* [Activity]
Return every record below exactly.

* [Data shown]
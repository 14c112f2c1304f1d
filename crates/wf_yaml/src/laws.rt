// Laws of reading, over any source.
ghost use Rattle.wf_yaml.specs.Relation.{TreesAreRead, NodesAreRead, OneTreeAtMost};

/// Carries a law: reading as a function gives a tree exactly where the source is that tree, and so
/// it does for the lines of each node. A source is one tree at most.
pub fn reading_is_a_relation()
    ensures trees { TreesAreRead }
    ensures nodes { NodesAreRead }
    ensures one_tree { OneTreeAtMost }
{}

* [Answer to the exercise]
repository 14c112f2c1304f1d
filename crates/wf_yaml/src/laws.rt
// Laws of reading, over any source.
ghost use Rattle.wf_yaml.specs.Relation.{TreesAreRead, NodesAreRead, OneTreeAtMost};

/// Carries a law: reading as a function gives a tree exactly where the source is that tree, and so
/// it does for the lines of each node. A source is one tree at most.
pub fn reading_is_a_relation()
    ensures trees { TreesAreRead }
    ensures nodes { NodesAreRead }
    ensures one_tree { OneTreeAtMost }
{}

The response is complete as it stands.